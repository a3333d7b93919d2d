//! A worker's requests, as the service reads them on a connection. A function here does nothing: its contract is the
//! law.
ghost use Rattle.std.specs.Prelude.{◌≡◌, ◌<◌, ◌≤◌, ◌^◌, Ok, List, ℕ};
ghost use Rattle.farm_entry.specs.declared.command.Command.TheVariants as command;
ghost use Rattle.farm_types.specs.Limits.{IsName};
ghost use Rattle.farm_wire.specs.Reading.{body_reading};
ghost use Rattle.http_words.specs.declared.endpoint.Endpoint.TheVariants.{Command};
ghost use Rattle.http_words.specs.declared.route.Route.TheVariants.{Lease, Report};
ghost use Rattle.leaf_laws.specs.Sent.{IsOneRequest};
ghost use Rattle.serde_json.specs.Written.{compact_text};
ghost use Rattle.worker_agent.specs.Requests.{key_text, lease_data, lease_request, report_data, report_request};

use farm_types::Key;
use weight_exact::Verdict;
use worker_core::Tested;

/// A worker's request for a run is, on a connection of its own, that request and nothing else, and its body is read as
/// the command that asks for a run under this key, by the worker of this name.
pub fn lease_requests_are_read()
    ensures request { (key : Key) (worker : List ℕ) → IsName worker
        → IsOneRequest (Command Lease) (lease_request key worker) (compact_text (lease_data (key_text key) worker)) }
    ensures command { (key : Key) (worker : List ℕ) → key.0 < 2 ^ 128 → IsName worker
        → body_reading Lease (compact_text (lease_data (key_text key) worker)) ≡ Ok (command.Lease key worker) }
{}

/// A worker's report is, on a connection of its own, that request and nothing else, and its body is read as the report
/// of this run with this verdict, or as the command that says that this run's tree can't be tested.
pub fn report_requests_are_read()
    ensures request { (run : ℕ) (tested : Tested) → 1 ≤ run → run < 2 ^ 32
        → IsOneRequest (Command (Report run)) (report_request run tested) (compact_text (report_data tested)) }
    ensures command { (run : ℕ) (verdict : Verdict)
        → body_reading (Report run) (compact_text (report_data (Tested.Verdict verdict)))
        ≡ Ok (command.Report run verdict) }
    ensures skip { (run : ℕ)
        → body_reading (Report run) (compact_text (report_data Tested.Untestable)) ≡ Ok (command.Skip run) }
{}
===============
## Activity
Output, exactly and in full, the lines from the start of the entries above through the line that contains "use worker_core::Tested;".

## Task output
repository a3333d7b93919d2d
//! A worker's requests, as the service reads them on a connection. A function here does nothing: its contract is the
//! law.
ghost use Rattle.std.specs.Prelude.{◌≡◌, ◌<◌, ◌≤◌, ◌^◌, Ok, List, ℕ};
ghost use Rattle.farm_entry.specs.declared.command.Command.TheVariants as command;
ghost use Rattle.farm_types.specs.Limits.{IsName};
ghost use Rattle.farm_wire.specs.Reading.{body_reading};
ghost use Rattle.http_words.specs.declared.endpoint.Endpoint.TheVariants.{Command};
ghost use Rattle.http_words.specs.declared.route.Route.TheVariants.{Lease, Report};
ghost use Rattle.leaf_laws.specs.Sent.{IsOneRequest};
ghost use Rattle.serde_json.specs.Written.{compact_text};
ghost use Rattle.worker_agent.specs.Requests.{key_text, lease_data, lease_request, report_data, report_request};

use farm_types::Key;
use weight_exact::Verdict;
use worker_core::Tested;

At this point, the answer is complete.